The next question today comes from James Rowe of Rowe and Company. Please go ahead.

James Rowe

Yes. Mitch, congratulations. Can you take the VERU-111, the VERU-100 -- I might have mispronounced zuclomiphene. And what's the sort of timeframe from here to assuming things that go the way you expect to be able to get to market with the each of these three products?

Mitchell Steiner

It's a good question. I actually have a little cheat sheet which I don't have in front of me, but what we've been saying is, I can just work it out in my mind. So basically you're looking at TADFIN or I could give you that one -- that we could launch beginning of 2021. The zuclomiphene, the Phase 3s would go through 2020 and 2021, and therefore that looks like it's going to be a filing in 2022 with a 2023 launch, that's what I'm saying -- we're pulling it out right now, hold on one second. Give me just few seconds and I'll pull it up here for you, so this way I give you the right information. Hold on for one moment, please. Here we go. I got it, okay.

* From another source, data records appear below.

//! The world of a schedule whose server lasts. A step is one event of the schedule.

ghost use Rattle.std.specs.Prelude.{◌≡◌, ◌≤◌, ◌<◌, ◌*◌, length, OnOk};
ghost use Rattle.ft_model.specs.Readable.{FitsEvent};
ghost use Rattle.seq_arith.specs.Damage.{flipped};

use crate::gone::GoneEntry;
use crate::guest::Guest;
use crate::sending::store_sent;
use crate::surroundings::Surroundings;
use ft_io::{Addr, Key, NoMemory};
use ft_model::{Event, EventWhy, Lasting, Schedule, Way};
use lasting_node::{LastingNode, Patience};
use lasting_unseen::{lasting_parcels_are_written, lasting_premises_hold};
use limits::PACKET;
use logger_store::LogStore;
use node_serving::Identity;
use schedule_network::{StepEnd, StepOut};
use seq_arith::{Grammar, flip};
use server_node::{Input, TurnEnd};
use server_trait::{Saved, Service};
use std::alloc::Global;
use std::mem;

/// The largest number of packets in a run.
const PACKET_LIMIT: usize = 200_000;

/// Replaces the contents of a buffer by these bytes.
fn refill(buffer: &mut Vec<u8>, bytes: &[u8]) -> Result<(), NoMemory>
    ensures { OnOk result (buffer.new.items ≡ bytes.now) }
{
    buffer.clear();
    buffer.extend_from_slice(bytes)?;
    Ok(())
}

/// Replaces the contents of a buffer by these bytes with one bit changed.
fn refill_flipped(buffer: &mut Vec<u8>, bytes: &[u8], bit: u32) -> Result<(), NoMemory>
    requires { bit < 8 * length bytes.now }
    ensures { OnOk result (buffer.new.items ≡ flipped bit bytes.now) }
{
    refill(buffer, bytes)?;
    flip(buffer, bit as usize);
    Ok(())
}

/// A fact for proofs: an event's numbers fit their types. Each is read, since the range of what is read is known.
fn numbers_fit(event: &Event)
    ensures { FitsEvent event.now }
{
    match *event {
        Event::Boot { boot, isn } => {
            let (_boot, _isn) = (boot, isn);
        }
        Event::Crash => {}
        Event::Tick => {}
        Event::Deliver { packet } => {
            let _packet = packet;
        }
        Event::Flip { packet, bit } => {
            let (_packet, _bit) = (packet, bit);
        }
        Event::Begin { client, window } => {
            let (_client, _window) = (client, window);
        }
        Event::Send { client, from, len } => {
            let (_client, _from, _len) = (client, from, len);
        }
        Event::Fin { client } => {
            let _client = client;
        }
        Event::Ack { client, window } => {
            let (_client, _window) = (client, window);
        }
        Event::Reset { client } => {
            let _client = client;
        }
        Event::Stop { part } => {
            let _part = part;
        }
    }
}

/// The world of a schedule whose server lasts.
#[derive(Drop)]
pub struct World<S: Service> {
    /// Of the service.
    kind: u8,
    server: Addr,
    patience: Patience,
    around: Surroundings,
    /// The largest boot number so far.
    boot: u64,
    node: Option<LastingNode<S>>,
    /// A packet under way.
    copy: Vec<u8>,
    /// A client's packet.
    room: [u8; PACKET],
    ghost waits: { 1 ≤ patience.wait },
    ghost counts: { patience.wait ≤ 4294967295 },
    ghost bounded: { patience.silence ≤ 100000000 },
}
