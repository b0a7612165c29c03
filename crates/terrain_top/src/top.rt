// The call that does all that the program does.
ghost use Rattle.std.specs.Prelude.{◌≡◌, ◌≢◌, ◌≤◌, ◌↔◌, ◌⊎◌, true, false, IfOk, IfSome, IsErrOf, Option, Some, None, ℕ, List};
ghost use Rattle.std.specs.Prelude.{option_map, map, string_bytes};
ghost use Rattle.terrain_base.specs.declared.store.Change.{Change};
ghost use Rattle.terrain_base.specs.Library.{LibraryFiles};
ghost use Rattle.terrain_base.specs.Step.{Files};
ghost use Rattle.top_words.specs.Meant.{meant};
ghost use Rattle.top_words.specs.Words as spelled;
ghost use Rattle.top_words.specs.Words.{IsGood};
ghost use Rattle.top_reply.specs.Course.{Course, Goes, said, world};
ghost use Rattle.top_reply.specs.Run.{FaultHasCause, Headline, IsFrontOf, OnStop, StopsReading, StopsStanding};
ghost use Rattle.top_reply.specs.Status.{IsAnswer};
ghost use Rattle.top_reply.specs.Top.{HasCourse, IsCourseOf, IsMeant, Tells, looks_for_faults, makes_tiles};
ghost use Rattle.top_reply.specs.Top.{reads_file, touches_store};
ghost use Rattle.top_reply.specs.Top.{usage_reply};
ghost use Rattle.top_reply.specs.Valid.{EndsWell, IsValid};
ghost use Rattle.terrain_top.specs.Comes.{Comes, Passes};
ghost use Rattle.terrain_top.specs.Effects.{StopHasCause, StoreStays};
ghost use Rattle.terrain_top.specs.Says.{IsPlain};

use crate::answer::{Answer, Ending};
use crate::audit::answer_to_audit;
use crate::cell::answer_to_cell;
use crate::change::answer_to_init;
use crate::convert::answer_to_convert;
use crate::database_command::answer_to_database;
use crate::migrate::answer_to_migrate;
use crate::print::print;
use crate::status::{status_of, status_of_stop};
use crate::trial::answer_to_trial;
use std::alloc::Global;
use terrain_base::{Library, Sink, Store, Work};
use top_reply::{Status, Stop};
use top_words::{Command, command_in};

/// What is printed where the words are no command.
const USAGE: &str =
    "usage: terrain DIR init CAP FILL | add FILE | replace FILE | remove SQUARE V | apply SCRIPT | rebuild | list | \
     inspect Z X Y | deps Z X Y | cell FILE | audit FILE | check | trial COUNT NUMBER | migrate | convert FILE | \
     heightmap Z X Y | height Z E N | profile Z X Y U1 V1 U2 V2 | sight Z X Y U1 V1 A1 U2 V2 A2 | view Z X Y U V A\n";

// Does a command. Its last text is handed back.
fn answer_to<St: Store, Li: Library, Si: Sink>(
    alloc: Global,
    command: &Command<'_>,
    store: &mut St,
    files: &mut Li,
    out: &mut Si,
    work: &mut Work,
) -> Result<Answer, Stop>
    requires { IsGood (meant command.now) }
    ensures comes { (course : Course)
        → IsCourseOf (Some (meant command.now)) (St.holds store.old) (Li.holds files.old) course → Comes course
        (world (St.holds store.old) (St.log store.old) (Si.taken out.old) work.old)
        (world (St.holds store.new) (St.log store.new) (Si.taken out.new) work.new) result }
    ensures told { (held : Files) (library : LibraryFiles)
        → Tells (touches_store (Some (meant command.now))) (St.holds store.old) held
        → Tells (reads_file (Some (meant command.now))) (Li.holds files.old) library
        → IfOk result (λ answer. HasCourse (Some (meant command.now)) (St.holds store.old) (Li.holds files.old)) }
    ensures quiet { touches_store (Some (meant command.now)) ≡ false → Si.taken out.new ≡ Si.taken out.old }
    ensures untouched { touches_store (Some (meant command.now)) ≡ false
        → StoreStays St.holds St.log St.faults store.old store.new }
    ensures idle { makes_tiles (Some (meant command.now)) ≡ false → work.new ≡ work.old }
    ensures reads { IsErrOf result Stop.Input → reads_file (Some (meant command.now)) ≡ true }
    ensures touches { IsErrOf result Stop.Store → touches_store (Some (meant command.now)) ≡ true }
    ensures plain { looks_for_faults (Some (meant command.now)) ≡ false → IfOk result IsPlain }
    ensures same { Li.holds files.new ≡ Li.holds files.old }
    ensures library { StopHasCause Stop.Input (Li.faults files.old) (Li.faults files.new) result }
    ensures store { StopHasCause Stop.Store (St.faults store.old) (St.faults store.new) result }
    ensures sink { StopHasCause Stop.Output (Si.faults out.old) (Si.faults out.new) result }
    ensures more { work.old ≤ work.new }
{
    match command {
        Command::Init { params } => answer_to_init(alloc, store, *params, work),
        Command::Database(command) => answer_to_database(alloc, store, files, out, command, work),
        Command::Cell { file } => answer_to_cell(alloc, files, file),
        Command::Audit { file } => answer_to_audit(alloc, files, file),
        Command::Migrate => answer_to_migrate(alloc, store, work),
        Command::Convert { file } => answer_to_convert(alloc, files, file),
        Command::Trial { count, number } => answer_to_trial(alloc, *count, *number, work),
    }
}

// Does a command, and prints its last text.
fn run_command<St: Store, Li: Library, Si: Sink>(
    alloc: Global,
    command: &Command<'_>,
    store: &mut St,
    files: &mut Li,
    out: &mut Si,
    work: &mut Work,
) -> Result<Ending, Stop>
    requires { IsGood (meant command.now) }
    ensures passes { (course : Course)
        → IsCourseOf (Some (meant command.now)) (St.holds store.old) (Li.holds files.old) course → Passes course
        (world (St.holds store.old) (St.log store.old) (Si.taken out.old) work.old)
        (world (St.holds store.new) (St.log store.new) (Si.taken out.new) work.new) result }
    ensures told { (held : Files) (library : LibraryFiles)
        → Tells (touches_store (Some (meant command.now))) (St.holds store.old) held
        → Tells (reads_file (Some (meant command.now))) (Li.holds files.old) library
        → IfOk result (λ ending. HasCourse (Some (meant command.now)) (St.holds store.old) (Li.holds files.old)) }
    ensures untouched { touches_store (Some (meant command.now)) ≡ false
        → StoreStays St.holds St.log St.faults store.old store.new }
    ensures idle { makes_tiles (Some (meant command.now)) ≡ false → work.new ≡ work.old }
    ensures reads { IsErrOf result Stop.Input → reads_file (Some (meant command.now)) ≡ true }
    ensures touches { IsErrOf result Stop.Store → touches_store (Some (meant command.now)) ≡ true }
    ensures plain { looks_for_faults (Some (meant command.now)) ≡ false
        → IfOk result (λ ending. ending ≢ Ending.Found) }
    ensures same { Li.holds files.new ≡ Li.holds files.old }
    ensures library { StopHasCause Stop.Input (Li.faults files.old) (Li.faults files.new) result }
    ensures store { StopHasCause Stop.Store (St.faults store.old) (St.faults store.new) result }
    ensures sink { StopHasCause Stop.Output (Si.faults out.old) (Si.faults out.new) result }
    ensures more { work.old ≤ work.new }
{
    let answer = answer_to(alloc, command, store, files, out, work)?;
    print(out, &answer.text)?;
    Ok(answer.ending)
}

// Says how the program is used.
fn run_usage<Si: Sink>(out: &mut Si) -> Status
    ensures goes { (held : Option Files) (log : Option (List Change)) (tiles : ℕ) → Goes (said usage_reply)
        (world held log (Si.taken out.old) tiles) (world held log (Si.taken out.new) tiles) result }
    ensures sink { FaultHasCause Status.OutputFault (Si.faults out.old) (Si.faults out.new) result }
    ensures only { (result ≡ Status.Usage) ⊎ (result ≡ Status.OutputFault) ⊎ (result ≡ Status.NoMemory) }
{
    match print(out, USAGE.as_bytes()) {
        Ok(()) => Status::Usage,
        Err(stop) => status_of_stop(stop),
    }
}

// Does what was meant.
fn run_meant<St: Store, Li: Library, Si: Sink>(
    alloc: Global,
    command: Option<Command<'_>>,
    store: &mut St,
    files: &mut Li,
    out: &mut Si,
    work: &mut Work,
) -> Status
    requires { IfSome (option_map meant command) IsGood }
    ensures replies { (course : Course)
        → IsCourseOf (option_map meant command.entry) (St.holds store.old) (Li.holds files.old) course → Goes course
        (world (St.holds store.old) (St.log store.old) (Si.taken out.old) work.old)
        (world (St.holds store.new) (St.log store.new) (Si.taken out.new) work.new) result }
    ensures told { (held : Files) (library : LibraryFiles)
        → Tells (touches_store (option_map meant command.entry)) (St.holds store.old) held
        → Tells (reads_file (option_map meant command.entry)) (Li.holds files.old) library → IsAnswer result
        → HasCourse (option_map meant command.entry) (St.holds store.old) (Li.holds files.old) }
    ensures usage { IsAnswer result → ((result ≡ Status.Usage) ↔ (option_map meant command.entry ≡ None)) }
    ensures found { result ≡ Status.Found → looks_for_faults (option_map meant command.entry) ≡ true }
    ensures reads { result ≡ Status.InputFault → reads_file (option_map meant command.entry) ≡ true }
    ensures touches { result ≡ Status.StoreFault → touches_store (option_map meant command.entry) ≡ true }
    ensures untouched { touches_store (option_map meant command.entry) ≡ false
        → StoreStays St.holds St.log St.faults store.old store.new }
    ensures idle { makes_tiles (option_map meant command.entry) ≡ false → work.new ≡ work.old }
    ensures same { Li.holds files.new ≡ Li.holds files.old }
    ensures library { FaultHasCause Status.InputFault (Li.faults files.old) (Li.faults files.new) result }
    ensures store { FaultHasCause Status.StoreFault (St.faults store.old) (St.faults store.new) result }
    ensures sink { FaultHasCause Status.OutputFault (Si.faults out.old) (Si.faults out.new) result }
    ensures more { work.old ≤ work.new }
{
    match command {
        Some(command) => status_of(run_command(alloc, &command, store, files, out, work)),
        None => run_usage(out),
    }
}

// The command that the words spell.
fn command_of(words: &[String]) -> Option<Command<'_>>
    ensures means { IsMeant (map string_bytes words.now) (option_map meant result) }
    ensures good { IfSome (option_map meant result) IsGood }
    ensures one { (meaning : Option spelled.Command) → IsMeant (map string_bytes words.now) meaning
        → meaning ≡ option_map meant result }
{
    command_in(words)
}

/// Does what the words say, puts the report on the sink and tells how it ended. The first word is the database's
/// folder, which the caller used already. A report's line is put after its command is done.
pub fn run<St: Store, Li: Library, Si: Sink>(
    alloc: Global,
    words: &[String],
    store: &mut St,
    files: &mut Li,
    out: &mut Si,
    work: &mut Work,
) -> Status
    // The run has the course of the command: it goes to its end, with the course's status, or it is stopped in a
    // turn.
    ensures replies { (meaning : Option spelled.Command) → IsMeant (map string_bytes words.now) meaning
        → (course : Course) → IsCourseOf meaning (St.holds store.old) (Li.holds files.old) course → Goes course
        (world (St.holds store.old) (St.log store.old) (Si.taken out.old) work.old)
        (world (St.holds store.new) (St.log store.new) (Si.taken out.new) work.new) result }

    // Over objects that tell what they hold, as far as they are asked, a run that went to its end has a course.
    ensures told { (meaning : Option spelled.Command) → IsMeant (map string_bytes words.now) meaning
        → (held : Files) (library : LibraryFiles) → Tells (touches_store meaning) (St.holds store.old) held
        → Tells (reads_file meaning) (Li.holds files.old) library → IsAnswer result
        → HasCourse meaning (St.holds store.old) (Li.holds files.old) }

    // After an answer the files are those of the state after the accepted commands, and all their tiles are good.
    ensures headline { (meaning : Option spelled.Command) → IsMeant (map string_bytes words.now) meaning
        → Headline meaning (St.holds store.old) (Li.holds files.old) (St.holds store.new) result }

    // After a stop they are those of a state that the command passes. Some first changes of the course were made, and
    // the sink took some first bytes of its text.
    ensures stops { (meaning : Option spelled.Command) → IsMeant (map string_bytes words.now) meaning
        → StopsStanding meaning (St.holds store.old) (Li.holds files.old)
        (world (St.holds store.old) (St.log store.old) (Si.taken out.old) work.old)
        (world (St.holds store.new) (St.log store.new) (Si.taken out.new) work.new) result }
    ensures reading { (meaning : Option spelled.Command) → IsMeant (map string_bytes words.now) meaning
        → StopsReading meaning (St.holds store.old) (Li.holds files.old)
        (world (St.holds store.old) (St.log store.old) (Si.taken out.old) work.old)
        (world (St.holds store.new) (St.log store.new) (Si.taken out.new) work.new) result }
    ensures fronts { (meaning : Option spelled.Command) → IsMeant (map string_bytes words.now) meaning
        → (course : Course) → IsCourseOf meaning (St.holds store.old) (Li.holds files.old) course
        → OnStop result (λ e. IsFrontOf course
        (world (St.holds store.old) (St.log store.old) (Si.taken out.old) work.old)
        (world (St.holds store.new) (St.log store.new) (Si.taken out.new) work.new)) }

    // A valid call that answers at all is done; of a tile whose mesh does not cover it once an audit says so.
    ensures valid { (command : spelled.Command) → IsMeant (map string_bytes words.now) (Some command)
        → (held : Files) (library : LibraryFiles) → Tells (touches_store (Some command)) (St.holds store.old) held
        → Tells (reads_file (Some command)) (Li.holds files.old) library → IsValid command held library
        → IsAnswer result → EndsWell command result }

    // 'Usage' is the answer exactly where the words are no command.
    ensures usage { IsAnswer result → ((result ≡ Status.Usage) ↔ IsMeant (map string_bytes words.now) None) }

    // Something amiss is found only by a command that looks for it.
    ensures found { result ≡ Status.Found → (meaning : Option spelled.Command)
        → IsMeant (map string_bytes words.now) meaning → looks_for_faults meaning ≡ true }

    // A fault comes only where its count rose, and no count falls. No file is asked for and no store is touched but
    // by commands that do so.
    ensures library { FaultHasCause Status.InputFault (Li.faults files.old) (Li.faults files.new) result }
    ensures reads { result ≡ Status.InputFault → (meaning : Option spelled.Command)
        → IsMeant (map string_bytes words.now) meaning → reads_file meaning ≡ true }
    ensures store { FaultHasCause Status.StoreFault (St.faults store.old) (St.faults store.new) result }
    ensures touches { result ≡ Status.StoreFault → (meaning : Option spelled.Command)
        → IsMeant (map string_bytes words.now) meaning → touches_store meaning ≡ true }
    ensures sink { FaultHasCause Status.OutputFault (Si.faults out.old) (Si.faults out.new) result }

    // The library keeps what it holds, and so does a store that the command does not touch.
    ensures same { Li.holds files.new ≡ Li.holds files.old }
    ensures untouched { (meaning : Option spelled.Command) → IsMeant (map string_bytes words.now) meaning
        → touches_store meaning ≡ false → StoreStays St.holds St.log St.faults store.old store.new }

    // The count of made tiles never falls, and stays where the command makes none.
    ensures more { work.old ≤ work.new }
    ensures idle { (meaning : Option spelled.Command) → IsMeant (map string_bytes words.now) meaning
        → makes_tiles meaning ≡ false → work.new ≡ work.old }
{
    top_reply::laws::files_are_good();
    run_meant(alloc, command_of(words), store, files, out, work)
}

So, we're looking -- I'll just give you the bottom-line. For VERU-100, we're looking at 2023. For zuclomiphene, 2022, 2023; and VERU-111, I can't tell you now because it's moving quickly. Originally, we were thinking it would be at 2022 NDA but that could change but call it 2022, 2023. So as you can see, this investment is allowing us to have three shots on goal, three large shots on goal to have a significant revenue producing opportunity between 2022 and 2023. And so VERU-111 is a $4.5 billion market. Zuclomiphene is $600 million to $800 million; sales to us at peak, with a 25% to 28% market penetration. And VERU-100, we have 28% of global share, that's about $700 million. And so, these are big markets and that's why we're just so glad that we can use our own resources to continue to move these things along and not dilute our shareholders.

James Rowe

Great. Thank you.

Mitchell Steiner

Thank you.

Operator

Ladies and gentlemen, this concludes our question-and-answer session. I would like to turn the conference back over to Dr. Mitchell Steiner for any closing remarks.

Mitchell Steiner

Thank you, operator. I appreciate everybody joining us on today's call, and I look forward to updating all of you on our progress at our next investors call. Have happy holidays and Happy New Year. Thank you.

Operator

The digital replay of the conference will be available beginning approximately noon Eastern Time today, December 12, by dialing 1-877-344-7529 in the U.S. and 1-412-317-0088 internationally. You will be prompted to enter the replay access code, which will be 10136891. Please record your name and your company when joining.

The conference has now concluded. Thank you for attending today's discussion. You may now disconnect.